[Dataset entries]

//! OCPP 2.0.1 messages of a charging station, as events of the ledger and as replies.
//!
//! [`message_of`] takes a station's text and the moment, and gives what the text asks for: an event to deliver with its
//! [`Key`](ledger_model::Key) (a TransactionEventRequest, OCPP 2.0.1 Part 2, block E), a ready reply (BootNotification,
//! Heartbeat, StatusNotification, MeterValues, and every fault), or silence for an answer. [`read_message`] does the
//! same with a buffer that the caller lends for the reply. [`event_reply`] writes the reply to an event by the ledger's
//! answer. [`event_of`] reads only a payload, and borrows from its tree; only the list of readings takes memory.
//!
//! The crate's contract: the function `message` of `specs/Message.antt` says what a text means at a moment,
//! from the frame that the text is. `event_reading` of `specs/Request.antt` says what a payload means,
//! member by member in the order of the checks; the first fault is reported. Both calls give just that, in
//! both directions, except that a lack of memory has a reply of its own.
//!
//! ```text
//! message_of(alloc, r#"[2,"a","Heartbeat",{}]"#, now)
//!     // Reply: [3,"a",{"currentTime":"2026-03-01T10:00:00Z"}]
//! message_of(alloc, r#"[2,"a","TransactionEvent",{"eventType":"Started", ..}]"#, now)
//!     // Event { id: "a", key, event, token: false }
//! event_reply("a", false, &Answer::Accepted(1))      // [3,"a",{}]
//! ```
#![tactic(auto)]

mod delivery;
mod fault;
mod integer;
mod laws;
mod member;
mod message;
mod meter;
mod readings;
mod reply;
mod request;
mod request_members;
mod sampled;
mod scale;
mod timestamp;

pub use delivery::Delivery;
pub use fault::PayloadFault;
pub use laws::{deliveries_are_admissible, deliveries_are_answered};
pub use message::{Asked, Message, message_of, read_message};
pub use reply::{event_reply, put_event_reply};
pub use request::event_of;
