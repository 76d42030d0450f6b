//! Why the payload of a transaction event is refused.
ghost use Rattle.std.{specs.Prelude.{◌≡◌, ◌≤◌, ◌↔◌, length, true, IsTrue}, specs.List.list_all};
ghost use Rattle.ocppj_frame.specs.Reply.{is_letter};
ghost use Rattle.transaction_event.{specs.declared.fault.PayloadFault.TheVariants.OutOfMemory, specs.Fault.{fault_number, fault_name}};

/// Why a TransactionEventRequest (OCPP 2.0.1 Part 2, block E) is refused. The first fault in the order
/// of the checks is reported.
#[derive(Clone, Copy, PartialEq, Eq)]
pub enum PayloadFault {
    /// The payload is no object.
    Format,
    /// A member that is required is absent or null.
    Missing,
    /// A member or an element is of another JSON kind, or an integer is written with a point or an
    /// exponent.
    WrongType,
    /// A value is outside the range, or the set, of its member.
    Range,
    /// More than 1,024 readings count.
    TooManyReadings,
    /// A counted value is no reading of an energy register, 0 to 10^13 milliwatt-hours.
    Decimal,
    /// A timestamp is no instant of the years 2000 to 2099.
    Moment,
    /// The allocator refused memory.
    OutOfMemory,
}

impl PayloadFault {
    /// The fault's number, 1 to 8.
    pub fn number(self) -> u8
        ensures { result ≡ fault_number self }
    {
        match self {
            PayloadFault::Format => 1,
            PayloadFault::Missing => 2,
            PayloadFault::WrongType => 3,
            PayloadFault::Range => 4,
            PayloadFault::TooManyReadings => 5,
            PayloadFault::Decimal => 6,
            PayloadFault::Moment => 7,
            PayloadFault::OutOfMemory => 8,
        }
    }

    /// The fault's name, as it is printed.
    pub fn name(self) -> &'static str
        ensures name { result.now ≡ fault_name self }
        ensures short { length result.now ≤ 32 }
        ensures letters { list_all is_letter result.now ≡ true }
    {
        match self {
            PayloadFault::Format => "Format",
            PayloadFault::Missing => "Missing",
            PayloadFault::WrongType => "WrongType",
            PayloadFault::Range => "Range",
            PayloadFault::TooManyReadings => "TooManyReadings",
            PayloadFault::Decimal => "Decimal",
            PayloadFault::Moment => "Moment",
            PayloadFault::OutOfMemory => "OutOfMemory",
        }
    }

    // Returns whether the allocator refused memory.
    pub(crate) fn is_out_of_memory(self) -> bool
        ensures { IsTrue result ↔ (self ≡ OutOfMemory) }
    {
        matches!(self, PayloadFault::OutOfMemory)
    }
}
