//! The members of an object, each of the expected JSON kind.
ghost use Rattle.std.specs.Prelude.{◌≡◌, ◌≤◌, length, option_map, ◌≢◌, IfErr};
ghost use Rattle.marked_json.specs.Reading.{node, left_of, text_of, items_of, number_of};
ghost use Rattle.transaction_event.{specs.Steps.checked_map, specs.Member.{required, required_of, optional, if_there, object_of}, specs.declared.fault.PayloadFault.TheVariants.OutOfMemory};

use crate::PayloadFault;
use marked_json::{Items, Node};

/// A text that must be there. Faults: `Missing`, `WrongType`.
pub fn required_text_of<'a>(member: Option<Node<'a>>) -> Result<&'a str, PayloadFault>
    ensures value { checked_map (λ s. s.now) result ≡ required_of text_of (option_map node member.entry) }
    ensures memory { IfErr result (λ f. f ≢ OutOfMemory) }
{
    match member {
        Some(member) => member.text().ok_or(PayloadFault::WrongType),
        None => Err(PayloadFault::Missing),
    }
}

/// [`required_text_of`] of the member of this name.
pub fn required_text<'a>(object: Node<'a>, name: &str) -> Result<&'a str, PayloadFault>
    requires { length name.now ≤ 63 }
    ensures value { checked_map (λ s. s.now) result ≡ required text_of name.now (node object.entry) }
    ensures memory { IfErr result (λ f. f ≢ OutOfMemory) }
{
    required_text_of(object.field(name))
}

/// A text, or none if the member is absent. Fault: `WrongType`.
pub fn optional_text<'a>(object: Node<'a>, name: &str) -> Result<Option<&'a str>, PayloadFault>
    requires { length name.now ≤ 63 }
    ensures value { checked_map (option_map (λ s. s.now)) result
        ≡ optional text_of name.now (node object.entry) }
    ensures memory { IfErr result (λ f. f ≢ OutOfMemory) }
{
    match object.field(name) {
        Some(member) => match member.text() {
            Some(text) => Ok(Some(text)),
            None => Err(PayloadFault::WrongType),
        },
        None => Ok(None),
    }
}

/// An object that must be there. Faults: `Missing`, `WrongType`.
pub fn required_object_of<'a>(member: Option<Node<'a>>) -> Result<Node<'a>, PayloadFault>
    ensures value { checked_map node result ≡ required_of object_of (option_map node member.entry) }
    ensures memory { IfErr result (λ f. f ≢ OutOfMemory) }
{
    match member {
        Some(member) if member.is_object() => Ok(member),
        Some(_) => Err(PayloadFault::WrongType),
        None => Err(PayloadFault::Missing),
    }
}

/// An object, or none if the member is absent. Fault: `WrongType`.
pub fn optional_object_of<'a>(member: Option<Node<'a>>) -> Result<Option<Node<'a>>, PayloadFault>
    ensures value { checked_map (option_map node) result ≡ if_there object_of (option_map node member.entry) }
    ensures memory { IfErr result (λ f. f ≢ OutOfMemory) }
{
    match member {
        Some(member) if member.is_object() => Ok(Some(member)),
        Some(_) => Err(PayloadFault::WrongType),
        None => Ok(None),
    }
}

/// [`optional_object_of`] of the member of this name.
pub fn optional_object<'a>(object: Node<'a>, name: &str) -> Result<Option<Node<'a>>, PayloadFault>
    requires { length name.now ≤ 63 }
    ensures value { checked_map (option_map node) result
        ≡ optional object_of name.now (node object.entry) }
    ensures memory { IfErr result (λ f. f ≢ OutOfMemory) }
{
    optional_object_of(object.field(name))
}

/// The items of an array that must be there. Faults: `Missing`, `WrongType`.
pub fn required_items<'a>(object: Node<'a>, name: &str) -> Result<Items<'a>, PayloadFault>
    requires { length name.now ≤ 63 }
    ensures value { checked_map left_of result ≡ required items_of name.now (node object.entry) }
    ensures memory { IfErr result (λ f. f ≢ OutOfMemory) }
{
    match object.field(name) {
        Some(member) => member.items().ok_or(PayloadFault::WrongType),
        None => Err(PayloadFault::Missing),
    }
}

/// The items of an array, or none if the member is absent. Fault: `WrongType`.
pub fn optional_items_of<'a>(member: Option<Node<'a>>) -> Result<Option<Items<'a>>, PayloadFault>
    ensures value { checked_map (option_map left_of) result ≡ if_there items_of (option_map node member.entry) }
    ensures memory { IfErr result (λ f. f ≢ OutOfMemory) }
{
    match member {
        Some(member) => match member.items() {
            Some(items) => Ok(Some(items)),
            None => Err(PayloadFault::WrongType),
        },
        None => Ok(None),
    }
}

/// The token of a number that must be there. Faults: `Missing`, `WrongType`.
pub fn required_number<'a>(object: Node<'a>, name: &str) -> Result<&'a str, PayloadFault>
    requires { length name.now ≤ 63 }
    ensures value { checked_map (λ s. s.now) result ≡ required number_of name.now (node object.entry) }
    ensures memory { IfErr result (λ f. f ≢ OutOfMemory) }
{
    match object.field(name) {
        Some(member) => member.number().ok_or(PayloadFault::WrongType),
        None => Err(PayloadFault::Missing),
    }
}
--
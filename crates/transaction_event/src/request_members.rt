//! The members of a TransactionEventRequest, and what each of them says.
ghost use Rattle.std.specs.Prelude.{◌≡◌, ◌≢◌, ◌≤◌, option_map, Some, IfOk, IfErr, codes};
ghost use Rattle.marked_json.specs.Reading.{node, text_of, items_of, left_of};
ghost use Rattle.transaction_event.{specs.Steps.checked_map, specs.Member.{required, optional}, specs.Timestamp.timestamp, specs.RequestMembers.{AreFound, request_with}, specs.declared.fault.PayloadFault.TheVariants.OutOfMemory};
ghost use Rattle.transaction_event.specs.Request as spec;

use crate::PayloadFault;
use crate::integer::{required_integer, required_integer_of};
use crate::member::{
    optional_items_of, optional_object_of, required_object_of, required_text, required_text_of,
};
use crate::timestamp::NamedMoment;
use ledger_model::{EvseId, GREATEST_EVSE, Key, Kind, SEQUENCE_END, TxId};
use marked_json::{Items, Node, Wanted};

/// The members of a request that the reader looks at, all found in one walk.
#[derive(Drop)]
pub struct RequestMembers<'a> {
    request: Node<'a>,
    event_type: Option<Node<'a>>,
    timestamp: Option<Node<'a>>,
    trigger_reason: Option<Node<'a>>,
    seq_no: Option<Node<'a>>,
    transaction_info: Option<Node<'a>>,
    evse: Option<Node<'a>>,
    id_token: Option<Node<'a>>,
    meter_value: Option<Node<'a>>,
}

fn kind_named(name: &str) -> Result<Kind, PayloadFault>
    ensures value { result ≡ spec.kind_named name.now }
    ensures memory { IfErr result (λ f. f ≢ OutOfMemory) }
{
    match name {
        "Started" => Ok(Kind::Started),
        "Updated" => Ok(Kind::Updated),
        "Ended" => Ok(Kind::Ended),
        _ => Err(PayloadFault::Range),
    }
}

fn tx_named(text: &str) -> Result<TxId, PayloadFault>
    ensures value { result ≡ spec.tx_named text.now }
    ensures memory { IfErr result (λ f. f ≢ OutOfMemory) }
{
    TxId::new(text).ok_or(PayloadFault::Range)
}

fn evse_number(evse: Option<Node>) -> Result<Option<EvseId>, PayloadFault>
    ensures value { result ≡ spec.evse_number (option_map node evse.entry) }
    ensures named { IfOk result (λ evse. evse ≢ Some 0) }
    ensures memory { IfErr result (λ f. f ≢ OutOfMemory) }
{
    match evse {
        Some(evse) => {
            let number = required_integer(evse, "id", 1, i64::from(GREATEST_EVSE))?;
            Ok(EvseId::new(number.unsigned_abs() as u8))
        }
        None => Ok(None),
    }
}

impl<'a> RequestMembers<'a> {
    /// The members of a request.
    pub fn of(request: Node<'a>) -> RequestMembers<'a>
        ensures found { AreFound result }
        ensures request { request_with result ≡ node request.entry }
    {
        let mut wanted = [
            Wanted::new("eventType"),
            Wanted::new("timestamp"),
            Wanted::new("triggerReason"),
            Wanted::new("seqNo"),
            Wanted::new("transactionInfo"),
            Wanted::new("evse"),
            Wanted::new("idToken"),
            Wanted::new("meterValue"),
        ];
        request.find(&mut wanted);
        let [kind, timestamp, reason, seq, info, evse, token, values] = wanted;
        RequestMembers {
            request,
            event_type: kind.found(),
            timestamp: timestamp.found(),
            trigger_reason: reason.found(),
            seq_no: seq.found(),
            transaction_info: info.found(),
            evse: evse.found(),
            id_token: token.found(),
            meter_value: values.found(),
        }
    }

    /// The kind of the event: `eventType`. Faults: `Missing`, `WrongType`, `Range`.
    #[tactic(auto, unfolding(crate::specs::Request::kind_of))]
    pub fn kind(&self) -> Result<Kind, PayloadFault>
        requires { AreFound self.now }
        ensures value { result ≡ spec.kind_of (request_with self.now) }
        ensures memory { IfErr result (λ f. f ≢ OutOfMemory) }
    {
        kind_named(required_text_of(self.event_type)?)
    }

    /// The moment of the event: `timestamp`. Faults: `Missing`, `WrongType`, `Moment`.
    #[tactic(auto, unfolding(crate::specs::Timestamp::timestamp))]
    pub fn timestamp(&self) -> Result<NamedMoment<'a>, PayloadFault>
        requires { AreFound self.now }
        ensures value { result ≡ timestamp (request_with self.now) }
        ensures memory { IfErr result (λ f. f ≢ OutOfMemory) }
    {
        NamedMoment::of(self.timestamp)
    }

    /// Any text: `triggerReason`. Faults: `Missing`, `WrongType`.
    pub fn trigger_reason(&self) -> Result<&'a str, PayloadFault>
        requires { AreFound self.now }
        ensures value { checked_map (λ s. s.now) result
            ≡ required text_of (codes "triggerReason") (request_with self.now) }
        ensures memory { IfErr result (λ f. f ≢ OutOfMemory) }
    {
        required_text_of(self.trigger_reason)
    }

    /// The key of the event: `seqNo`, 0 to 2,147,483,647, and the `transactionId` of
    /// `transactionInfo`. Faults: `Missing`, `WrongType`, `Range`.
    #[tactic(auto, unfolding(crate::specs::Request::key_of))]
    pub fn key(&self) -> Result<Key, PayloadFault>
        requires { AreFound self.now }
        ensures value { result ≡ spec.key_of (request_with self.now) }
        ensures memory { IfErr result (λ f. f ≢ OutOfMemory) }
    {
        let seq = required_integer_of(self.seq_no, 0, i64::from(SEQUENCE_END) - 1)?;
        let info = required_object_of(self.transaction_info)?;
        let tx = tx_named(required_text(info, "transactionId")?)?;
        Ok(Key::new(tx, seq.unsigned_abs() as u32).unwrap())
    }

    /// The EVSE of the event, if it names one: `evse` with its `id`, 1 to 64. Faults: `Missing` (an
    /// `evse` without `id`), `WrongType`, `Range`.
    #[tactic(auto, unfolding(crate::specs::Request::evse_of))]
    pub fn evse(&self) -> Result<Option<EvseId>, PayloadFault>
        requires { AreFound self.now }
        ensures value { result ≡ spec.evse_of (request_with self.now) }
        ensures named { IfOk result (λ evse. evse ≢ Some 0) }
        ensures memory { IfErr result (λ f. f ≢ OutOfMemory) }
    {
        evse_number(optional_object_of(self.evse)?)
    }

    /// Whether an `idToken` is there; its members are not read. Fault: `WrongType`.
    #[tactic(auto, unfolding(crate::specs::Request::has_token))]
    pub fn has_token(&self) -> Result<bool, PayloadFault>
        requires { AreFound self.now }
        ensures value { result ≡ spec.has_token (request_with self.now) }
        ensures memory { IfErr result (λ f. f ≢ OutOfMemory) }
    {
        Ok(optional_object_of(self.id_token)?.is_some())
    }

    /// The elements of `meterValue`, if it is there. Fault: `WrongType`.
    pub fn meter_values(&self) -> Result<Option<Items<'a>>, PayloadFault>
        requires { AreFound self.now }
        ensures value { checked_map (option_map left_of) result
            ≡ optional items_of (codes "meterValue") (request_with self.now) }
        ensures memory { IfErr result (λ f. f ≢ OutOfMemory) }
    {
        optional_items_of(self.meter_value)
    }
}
* * *
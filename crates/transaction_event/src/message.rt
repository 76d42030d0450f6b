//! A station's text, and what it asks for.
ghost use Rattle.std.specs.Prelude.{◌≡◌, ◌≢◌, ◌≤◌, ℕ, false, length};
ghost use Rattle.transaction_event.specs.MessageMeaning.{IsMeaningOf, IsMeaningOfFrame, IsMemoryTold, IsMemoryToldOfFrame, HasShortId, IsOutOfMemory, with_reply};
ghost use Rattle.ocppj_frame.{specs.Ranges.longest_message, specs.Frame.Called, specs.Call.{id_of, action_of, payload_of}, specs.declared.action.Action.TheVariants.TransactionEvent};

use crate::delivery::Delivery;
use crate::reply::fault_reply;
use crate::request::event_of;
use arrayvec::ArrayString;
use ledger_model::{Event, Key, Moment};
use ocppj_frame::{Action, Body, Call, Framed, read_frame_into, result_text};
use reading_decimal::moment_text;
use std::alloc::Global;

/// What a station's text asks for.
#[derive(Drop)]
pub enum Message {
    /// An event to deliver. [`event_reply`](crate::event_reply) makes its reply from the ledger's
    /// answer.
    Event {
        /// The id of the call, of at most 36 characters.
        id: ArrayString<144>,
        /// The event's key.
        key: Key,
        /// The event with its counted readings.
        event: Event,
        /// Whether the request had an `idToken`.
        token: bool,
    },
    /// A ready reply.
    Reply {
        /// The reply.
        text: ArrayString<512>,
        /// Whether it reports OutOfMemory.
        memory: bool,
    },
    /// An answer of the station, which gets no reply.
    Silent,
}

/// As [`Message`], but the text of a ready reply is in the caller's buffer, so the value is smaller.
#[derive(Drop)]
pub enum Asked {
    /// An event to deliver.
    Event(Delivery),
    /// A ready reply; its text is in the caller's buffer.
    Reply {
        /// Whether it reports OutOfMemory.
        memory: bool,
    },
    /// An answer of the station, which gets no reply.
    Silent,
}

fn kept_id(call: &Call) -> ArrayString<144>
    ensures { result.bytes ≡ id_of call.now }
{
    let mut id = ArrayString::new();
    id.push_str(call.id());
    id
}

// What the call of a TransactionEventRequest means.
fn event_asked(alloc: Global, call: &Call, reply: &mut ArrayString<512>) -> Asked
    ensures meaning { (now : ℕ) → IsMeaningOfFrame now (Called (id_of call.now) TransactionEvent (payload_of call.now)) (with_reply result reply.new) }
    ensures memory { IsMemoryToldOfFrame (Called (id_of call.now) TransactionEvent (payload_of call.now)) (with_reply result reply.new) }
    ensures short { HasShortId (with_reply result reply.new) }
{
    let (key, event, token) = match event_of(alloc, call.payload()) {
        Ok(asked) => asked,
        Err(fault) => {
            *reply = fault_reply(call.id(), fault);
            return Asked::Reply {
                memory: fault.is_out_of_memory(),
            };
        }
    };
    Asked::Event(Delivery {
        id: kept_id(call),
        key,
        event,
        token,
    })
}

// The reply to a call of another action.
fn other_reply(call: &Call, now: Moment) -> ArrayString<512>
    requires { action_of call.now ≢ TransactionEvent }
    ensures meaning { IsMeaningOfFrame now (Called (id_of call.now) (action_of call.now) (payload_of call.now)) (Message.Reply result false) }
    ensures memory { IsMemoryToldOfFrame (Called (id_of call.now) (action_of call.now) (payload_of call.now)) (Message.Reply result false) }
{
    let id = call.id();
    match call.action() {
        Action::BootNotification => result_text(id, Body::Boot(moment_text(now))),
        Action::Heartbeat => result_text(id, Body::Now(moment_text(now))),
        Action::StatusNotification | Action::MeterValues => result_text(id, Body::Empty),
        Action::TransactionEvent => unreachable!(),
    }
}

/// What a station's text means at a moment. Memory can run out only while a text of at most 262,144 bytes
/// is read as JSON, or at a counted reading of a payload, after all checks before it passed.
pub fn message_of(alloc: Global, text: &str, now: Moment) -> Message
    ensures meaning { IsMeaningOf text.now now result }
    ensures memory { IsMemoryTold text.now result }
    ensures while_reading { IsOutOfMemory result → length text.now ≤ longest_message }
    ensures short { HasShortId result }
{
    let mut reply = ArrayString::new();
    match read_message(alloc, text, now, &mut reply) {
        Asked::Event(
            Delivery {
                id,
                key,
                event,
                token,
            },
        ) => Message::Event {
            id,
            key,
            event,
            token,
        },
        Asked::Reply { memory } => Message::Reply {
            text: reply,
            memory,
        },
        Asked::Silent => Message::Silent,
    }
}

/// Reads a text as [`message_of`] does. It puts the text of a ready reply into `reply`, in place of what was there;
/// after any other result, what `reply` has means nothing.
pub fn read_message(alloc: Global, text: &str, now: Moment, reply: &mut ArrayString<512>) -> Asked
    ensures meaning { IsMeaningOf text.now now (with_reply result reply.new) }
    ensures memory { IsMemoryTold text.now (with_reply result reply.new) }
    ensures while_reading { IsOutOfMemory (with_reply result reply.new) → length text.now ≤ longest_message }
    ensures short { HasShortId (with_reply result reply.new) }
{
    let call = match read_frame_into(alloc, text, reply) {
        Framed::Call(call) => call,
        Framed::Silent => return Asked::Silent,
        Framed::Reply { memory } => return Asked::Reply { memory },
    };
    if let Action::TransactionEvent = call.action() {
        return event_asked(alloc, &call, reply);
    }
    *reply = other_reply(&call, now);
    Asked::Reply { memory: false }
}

Exercise objective:
Scan the data for lines containing "transactionInfo" and copy all of them.

Answer area:
            Wanted::new("transactionInfo"),
    /// `transactionInfo`. Faults: `Missing`, `WrongType`, `Range`.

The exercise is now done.